Гость покосился по сторонам, давая понять, что свидетели ее желательны.
Шарапов повернулся к Насте:
— Так ты не забыла, о чем я тебе говорил?
— Не забыла.
Хозяин увел гостя в горницу:
— Ну, выкладывай.
— Алешка-то наш в коммунисты подался, — сказано это было так, что можно было подумать, что Никита хочет повеселить Шарапова. — В писаря.
— Знаю. Что ж, не дурак Алеша. Туда не каждого возьмут.
— Тятя меня в ревком послали. «Поди, — говорят, — посмотри, что этот нехристь там делает».
— Ходил?
— Ходил.
— Видел братца?
— В окно только…
— Что ж не зашел потолковать? Домой ночевать не является?
— Не… У чужих живет.
— Говорят, у тетки, — сообщил Шарапов, а сам подумал: «Даже сын Серкина переметнулся к большевикам. Вот и надейся теперь на людей». — Не посчитай за труд, смотайся к комиссару, узнай, дома ли он, не уехал. Придешь, мне скажешь.
Никита понимающе кивнул:
— Я мигом.
Шарапов остался один. Сидел, глядя в одну точку. Вдруг тишину нарушил петух: кукарекнул под самым окном. Купец вскинулся, бессмысленно уставился в окно. По стеклу, теплому от солнечных лучей, жужжа, билась муха. «Вот и я бьюсь, ищу выхода», — подумал он и, открыв окно, выпустил муху. В комнату устремился свежий воздух. Где-то на околице протяжно мычала корова. Шарапов поспешно захлопнул окно, как человек, которого отвлекли от важного дела. В горнице опять стало тихо, словно в погребе. «На кого опереться? Кому верить можно? Пожалуй, нет таких в Маче».

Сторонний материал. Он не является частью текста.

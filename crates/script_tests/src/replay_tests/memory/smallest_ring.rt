//! A ring of two slots that is full, is emptied, and is full again.
use super::expect_whole_or_refused;

const SCRIPT: &str = "ring 1 2 8 4
fill ste 5 70
send 0 03000000050000000100000000000000
send 1 03000000050000000100000000000000
step 2
send 1 03000000050000000100000000000000
dump
";

/// The answers to the lines of the script, in order.
const ANSWERS: [&str; 7] = [
    "ring size 2\n",
    "filled\n",
    "sent 0 number 1\n",
    "refused Q2\n",
    "applied CFGI_STE sid=5 leaf=1 removed=1
applied CMD_SYNC cs=1 msh=0 attr=0 data=1 addr=0x40000000 removed=0
",
    "sent 1 number 1\n",
    "prod 0x00000000
cons 0x00000002
gerror 0 gerrorn 0
taken 2 applied 2 replaced 0 syncs 1 removed 1
end
",
];

/// The text if the fill finds no memory.
const REFUSED: [(&str, &str); 1] = [(
    "ring size 2\nrefused C3\n",
    "sent 0 number 1
refused Q2
applied CFGI_STE sid=5 leaf=1 removed=0
applied CMD_SYNC cs=1 msh=0 attr=0 data=1 addr=0x40000000 removed=0
sent 1 number 1
prod 0x00000000
cons 0x00000002
gerror 0 gerrorn 0
taken 2 applied 2 replaced 0 syncs 1 removed 0
end
",
)];

#[test]
fn every_allocation_of_the_smallest_ring(rt: HostRuntime) {
    let outcome = expect_whole_or_refused(&rt, SCRIPT, &ANSWERS, &REFUSED);
    println!(rt; "every_allocation_of_the_smallest_ring: {outcome}").expect(
        &rt,
        "the line is printed",
    );
}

Скрипнула калитка. Шарапов выглянул в окно и увидел старшего отпрыска Серкина, вошедшего во двор. Тот, видно, всю дорогу бежал, высунув язык, спешил с важной новостью. Пыхтя, как паровоз, Никита вошел в горницу, вытер покатый лоб, покрытый испариной.
— Что узнал? — нетерпеливо справил Шарапов.
— Уезжает в Нохтуйск.
— Кто?
— Комиссар.
— Не ори, не глухой. Как узнал?
— Спросил у самого.
— У самого?!
— Прихожу, значит, к нему домой и спрашиваю: «Где брат, Алешка? Который день домой носа не кажет?» — «Наверно, в ревкоме. Идем вместе, мне как раз туда».